Policías pertenecientes a la Comisaría del Cuerpo Nacional de Distrito Sur de la capital tinerfeña detuvieron en el día de ayer a J.R.S., de 19 años de edad, acusado como presunto autor de un delito de lesiones a un grupo de catedráticos universitarios entre los que se encontraba Maximiano Trapero.
Las Palmas de Gran Canaria 1 Feb La agresión se produjo sobre las 01.00 horas del martes [31 Ene], en la calle Santa Rosalía, si bien la secuencia de los hechos comenzó en otra zona de la ciudad una media hora antes.
Todo empezó en la terraza de un céntrico bar situado en la Plaza Parque Bulevar, donde se encontraban sentados, por un lado, cuatro profesores universitarios (tres varones y una mujer), y junto a ellos, en una mesa próxima, dos jóvenes.
Según manifestaciones de los implicados, los primeros oyeron cómo los jóvenes hablaban de ellos haciendo comentarios despectivos e insultantes.
Al sentirse molestos por la actuación de los jóvenes, que llegaron incluso a amenazarles, uno de los profesores se lo comunicó a un camarero, quien, para evitar incidentes, optó por invitar a los jóvenes a que abandonaran la mesa que ocupaban, cosa que éstos últimos hicieron.
Al parecer, los jóvenes abandonaron la terraza pero permanecieron en sus inmediaciones, a la espera de que el grupo dejara el lugar y una vez los profesores, entre los que se encontraba el especialista en tradición oral canaria Maximiano Trapero, se marcharon de la terraza en dirección al hotel en que se encontraban hospedados, reaparecieron y comenzaron a increpar, insultar y golpear a los tres varones del grupo.
Los agredidos trataron de defenderse, resultando Maximiano Trapero con lesiones de mayor importancia ya que presentaba dos fracturas en la zona órbito malar, de las que precisará una próxima intervención quirúrgica.
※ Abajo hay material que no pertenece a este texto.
//! Turns of a tally's threads.
ghost use Rattle.std.specs.Prelude.{◌≡◌, ◌+◌, ◌<◌, ◌^◌, ◌∷◌, Some, IfOk, OnErr, MatchBool, IsPermutation, Contains, length, vec_len, slice_get};
ghost use mathlib.Core.List.{IsPrefix};
ghost use Rattle.turn_lock.specs.Seats.{view};
ghost use Rattle.turn_lock.specs.Lending.{IsReady, SameSeat};
ghost use Rattle.turn_lock.specs.Tallies.{StandFrom, name_of};

use crate::tally::{NoMemory, Tally};
use crate::{Seat, Turnstile};
use std::alloc::Global;
use std::sync::Wait;

/// Adds a number in one turn, and tells the place at which it stands: the last.
pub fn add_turn<R: Wait>(
    rt: &R,
    turnstile: &Turnstile<Tally>,
    seat: &mut Seat<Tally>,
    entry: u64,
) -> Result<usize, NoMemory>
    requires { IsReady name_of turnstile.now seat.old }
    ensures seat { IsReady name_of turnstile.now seat.new × SameSeat (view seat.old) (view seat.new) }
    ensures begins { IsPrefix (view seat.old).seen (view seat.new).seen }
    ensures added { IfOk result
        (λ place. (slice_get (view seat.new).seen place ≡ Some entry) × (place + 1 ≡ length (view seat.new).seen)) }
    ensures jobs { IsPermutation (view seat.new).jobs (view seat.old).jobs }
{
    let mut held = turnstile.enter(rt, seat);
    let place = held.value.add(entry);
    let count = held.value.count();
    turnstile.leave(seat, held, count);
    place
}

/// Borrows a ticket in one turn, unless it is out.
pub fn lend_turn<R: Wait>(
    rt: &R,
    turnstile: &Turnstile<Tally>,
    seat: &mut Seat<Tally>,
    ticket: u64,
) -> Result<bool, NoMemory>
    requires { IsReady name_of turnstile.now seat.old }
    ensures seat { IsReady name_of turnstile.now seat.new × SameSeat (view seat.old) (view seat.new) }
    ensures begins { IsPrefix (view seat.old).seen (view seat.new).seen }
    ensures lent { IfOk result
        (λ done. MatchBool done (IsPermutation (view seat.new).jobs (ticket ∷ (view seat.old).jobs))
        (IsPermutation (view seat.new).jobs (view seat.old).jobs)) }
    ensures err { OnErr result (IsPermutation (view seat.new).jobs (view seat.old).jobs) }
{
    let mut held = turnstile.enter(rt, seat);
    let lent = held.value.lend(ticket);
    let count = held.value.count();
    turnstile.leave(seat, held, count);
    lent
}

/// Gives a ticket back in one turn.
pub fn return_turn<R: Wait>(
    rt: &R,
    turnstile: &Turnstile<Tally>,
    seat: &mut Seat<Tally>,
    ticket: u64,
)
    requires seat { IsReady name_of turnstile.now seat.old }
    requires out { Contains (view seat.old).jobs ticket }
    ensures seat { IsReady name_of turnstile.now seat.new × SameSeat (view seat.old) (view seat.new) }
    ensures begins { IsPrefix (view seat.old).seen (view seat.new).seen }
    ensures returned { IsPermutation (view seat.old).jobs (ticket ∷ (view seat.new).jobs) }
{
    let mut held = turnstile.enter(rt, seat);
    held.value.take_back(ticket);
    let count = held.value.count();
    turnstile.leave(seat, held, count);
}

/// Adds the numbers `from`, `from + 1` and so on, each in a turn of its own, and tells their places.
pub fn add_all<R: Wait>(
    rt: &R,
    alloc: Global,
    turnstile: &Turnstile<Tally>,
    seat: &mut Seat<Tally>,
    from: u64,
    count: u64,
) -> Result<Vec<usize>, NoMemory>
    requires seat { IsReady name_of turnstile.now seat.old }
    requires range { from + count < 2 ^ 64 }
    ensures seat { IsReady name_of turnstile.now seat.new × SameSeat (view seat.old) (view seat.new) }
    ensures begins { IsPrefix (view seat.old).seen (view seat.new).seen }
    ensures added { IfOk result
        (λ places. (vec_len places ≡ count) × StandFrom (view seat.new).seen places.items from) }
    ensures jobs { IsPermutation (view seat.new).jobs (view seat.old).jobs }
{
    let mut places = Vec::new(alloc);
    for offset in 0..count {
        let place = add_turn(rt, turnstile, seat, from + offset)?;
        places.push(place)?;
    }
    Ok(places)
}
El resto de los intervinientes, resultaron con heridas de menor consideración, si bien todos ellos fueron atendidos en distintos centros sanitarios.
En el lugar se personó una dotación del Cuerpo Nacional de Policía que identificó a las personas del primer grupo, trasladándose la mujer a Comisaría donde fue oída en declaración sobre los hechos.
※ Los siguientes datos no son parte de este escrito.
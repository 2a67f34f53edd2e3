//! What a seat knows.
use std::collections::LinkedList;

/// What a seat knows. It lives in proofs alone: no value of it is made.
pub struct View<F, E, J> {
    /// The turnstile's fixed value. The spent view that a join leaves has none.
    pub fixed: Option<F>,
    /// The seat's number. The root has 0.
    pub number: u64,
    /// The entries that it saw last.
    pub seen: LinkedList<E>,
    /// The jobs that it has out.
    pub jobs: LinkedList<J>,
    /// Whether it holds the turn.
    pub holds: bool,
    /// While it holds the turn, the jobs that the other seats have out.
    pub rest: LinkedList<J>,
    /// Of the root, the numbers of the seats that it split off and has not joined.
    pub others: LinkedList<u64>,
    /// Of the root, how many seats there ever were.
    pub made: u64,
    /// Of the root, the shorter of the two histories at its last join.
    pub told: LinkedList<E>,
}
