/// Notes an event that begins no request.
#[tactic(auto, using(crate::proofs::Settled::topped_none))]
pub(crate) fn note_event(
    alloc: Global,
    parts: u32,
    flushing: bool,
    event: &HalEvent,
    index: &mut Index,
    tops: &mut Tops,
) -> Result<(), NoMemory>
    requires indexed { IsIndexed index.old }
    requires begun { begins_request event.now ≡ false }
    ensures indexed { OnOk result (IsIndexed index.new) }
    ensures rows { OnOk result (values_of index.new.rows.entries
        ≡ note_rows parts flushing event.now (values_of index.old.rows.entries)) }
    ensures tops { OnOk result (IsTopped
        (settled parts flushing event.now (values_of index.old.rows.entries)) tops.old tops.new) }
    ensures room { index.new.rows.cap ≡ index.old.rows.cap }
{
    match frame_in(event) {
        Some(frame) => note_own(alloc, parts, flushing, frame, event, index, tops),
        None => note_rest(alloc, parts, flushing, event, index),
    }
}

// ---- a request begins

/// Counts what a request holds that begins, and enters its call. What the one of its number held goes.
fn hold(row: &Row, index: &mut Index) -> Result<(), NoMemory>
    ensures rows { index.new.rows ≡ index.old.rows }
    ensures called { OnOk result ((n : ℕ) → contains nat_cmp index.new.called n
        ≡ (if row.now.frame == n then true else contains nat_cmp index.old.called n)) }
    ensures counted { IsCounted index.old.rows.entries index.old.held → OnOk result
        (IsCountedWith row.now.frame row.now.targets index.old.rows.entries index.new.held) }
{
    take_of(row.frame, &index.rows, &mut index.held)?;
    add_targets(&mut index.held, row.targets.as_slice())?;
    enter_call(row.frame, &mut index.called)?;
    Ok(())
}

/// Puts the row of a request that begins in place of the one of its number.
pub(crate) fn begin_row(row: Row, index: &mut Index) -> Result<(), NoMemory>
    requires indexed { IsIndexed index.old }
    requires live { is_row_live row ≡ true }
    requires in_call { is_row_in_call row ≡ true }
    ensures indexed { OnOk result (IsIndexed index.new) }
    ensures rows { OnOk result (values_of index.new.rows.entries
        ≡ row ∷ rows_but row.frame (values_of index.old.rows.entries)) }
    ensures room { index.new.rows.cap ≡ index.old.rows.cap }
{
    let _valid = index.rows.len();
    hold(&row, index)?;
    index.rows.put(row.frame, row)?;
    Ok(())
}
Posteriormente, los dos jóvenes fueron interceptados por otra dotación del mismo Cuerpo, trasladándolos a Comisaría a efectos de tramitar el correspondiente atestado.
Al apreciarse un presunto delito de lesiones, se procedió a la búsqueda, localización y detención de uno de los jóvenes, J.R.S. sobre las 17.30 horas del mismo día en la calle Suárez Guerra.
Se está tratando de localizar al segundo joven a fin de que preste declaración. canarias7.es
Maximiano Trapero, objeto de una agresión.

La comunidad universitaria detecta signos de intolerancia en la
agresión a Trapero
Las Palmas de Gran Canaria 1 Feb
La comunidad universitaria de Canarias condenó ayer de forma unánime el uso de la violencia por la agresión sufrida por uno de sus miembros, el catedrático de la ULPGC, Maximiano Trapero. Docentes universitarios tanto de la institución grancanaria como de La Laguna expresaron su repulsa por el uso de la violencia y las muestras de intolerancia y xenofobia contra personas residentes en las Islas por su acento o procedencia.
El catedrático de Filología de la ULPGC Maximiano Trapero confesó ayer que nunca quiso que los hechos de agresión a su persona realizados por dos jóvenes el pasado lunes salieran a la luz pública, pero agregó que entiende que el hecho tenga un carácter público porque transciende a una persona y puede ser síntoma de una situación social, de un caldo de cultivo donde jóvenes agreden a personas por hablar con acento peninsular.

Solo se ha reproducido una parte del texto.